THE ART AND SCIENCE OF SIMULATION

The baseline experiment was part of a collaborative interdisciplinary project entitled Space, Science, and Spirituality. Researchers from multiple disciplines coordinated their efforts to create an immersive simulation of space travel for the purpose of gathering neurophysiological and phenomenological data. Astronauts had captured the novelty of space travel in written journals containing detailed descriptions of both visual and affective experiences. Hermeneutic and semantic analyses were used to identify and categorize the ways astronauts verbally expressed their experiences in these texts. Details from these accounts then informed the design of a mixed-reality immersive test environment where participants viewed simulations of space views, and provided a narrative comparison for first-person experiential accounts. Simulation artists and engineers used NASA images selected on criteria developed by researchers at the Kolleg-Forschergruppe Bildakt und Verkörperung (Humboldt University, Berlin). The Bildakt analyses revealed necessary requirements for the images used in the simulation including characteristics of photograph quality and image angle and perspective. With these conditions in mind, the team designed a set for a mixed-reality simulation wherein participants were immersed in the sounds and visuals resembling something like a science fiction movie set.

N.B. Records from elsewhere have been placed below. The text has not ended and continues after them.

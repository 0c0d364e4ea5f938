//! Laws of sets of differences. Each is a function without a body whose contract is the law: a caller that calls it has the
//! law within reach.

ghost use Rattle.std.specs.Prelude.{◌≡◌, ◌≢◌, ℕ, ◌<◌, List};
ghost use Rattle.pesp_problem.specs.declared.arc.Arc.{Arc};
ghost use Rattle.pesp_domains.specs.Bits.{KeepsSupported};
ghost use Rattle.pesp_domains.specs.Partners.{NoBitAbove, KeepsTails, KeepsHeads, first_ahead, first_back, count_in_range, loop_count};

/// What `step::keep_supported` keeps of an arc's end are exactly the differences that have a partner at the other end, for
/// each period: at the tail with the shifts ahead, at the head with those back, and at both ends of a loop with the shift 0,
/// where the loop's remainder is in the range.
pub fn the_step_keeps_what_has_a_partner()
    ensures tails { (period : ℕ) (arc : Arc) (range : ℕ × ℕ) (tails heads new : List ℕ) → 0 < period
        → arc.tail ≢ arc.head → NoBitAbove period tails → NoBitAbove period heads
        → KeepsSupported period (first_ahead period arc range) (count_in_range period range) tails heads
        new → KeepsTails period arc range tails heads new }
    ensures heads { (period : ℕ) (arc : Arc) (range : ℕ × ℕ) (tails heads new : List ℕ) → 0 < period
        → arc.tail ≢ arc.head → NoBitAbove period tails → NoBitAbove period heads
        → KeepsSupported period (first_back period arc range) (count_in_range period range) heads tails
        new → KeepsHeads period arc range tails heads new }
    ensures loop_tails { (period : ℕ) (arc : Arc) (range : ℕ × ℕ) (set new : List ℕ) → 0 < period
        → arc.tail ≡ arc.head → NoBitAbove period set → KeepsSupported period 0
        (loop_count period arc range) set set new → KeepsTails period arc range set set new }
    ensures loop_heads { (period : ℕ) (arc : Arc) (range : ℕ × ℕ) (set new : List ℕ) → 0 < period
        → arc.tail ≡ arc.head → NoBitAbove period set → KeepsSupported period 0
        (loop_count period arc range) set set new → KeepsHeads period arc range set set new }
{}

Both the baseline study and other experiments in this project used simulation technologies to generate controlled conditions. Varying degrees of realistic experiences are possible within virtual reality simulators and they can allow for NP research to be conducted with high levels of control (Sherman and Craig, 2002). To establish an effective simulation experience, designers must address immersion, point-of-view, and practical venue concerns. Thus, considerations of quality and presence should be integrated into the simulation design. That is, the simulation should support a willing suspension of disbelief and in doing so allow for a narrative transfer that takes the participant into the world presented within the simulation. The image requirements from the Bildakt analyses (listed above) reflect an intention to increase immersion, clarify point-of-view, and be applicable to the limitations of the mixed-reality simulation environment used in the experiment.

Aspects of context were incorporated into the simulation design and were crucial in the experimental strategy. All participants experienced identical “launch” context narratives and were placed in the same physical environment. Although the contextual cues for all participants were objectively identical, the experienced context varied due to a variety of factors, including the participant’s background and their current bodily state. In all research, contextual circumstances, both objective and subjective, contribute to the experience. Context consists of any information or factor that can be used to characterize the circumstances or situation of the participant. Multiple factors might be relevant to the interaction between a participant and the simulation and may or may not be manifest within the simulation itself; in this regard, the participant determines the perception and experience of relevancy. In basic NP research, this means that control of contextual variables within the experimental environment is of utmost importance.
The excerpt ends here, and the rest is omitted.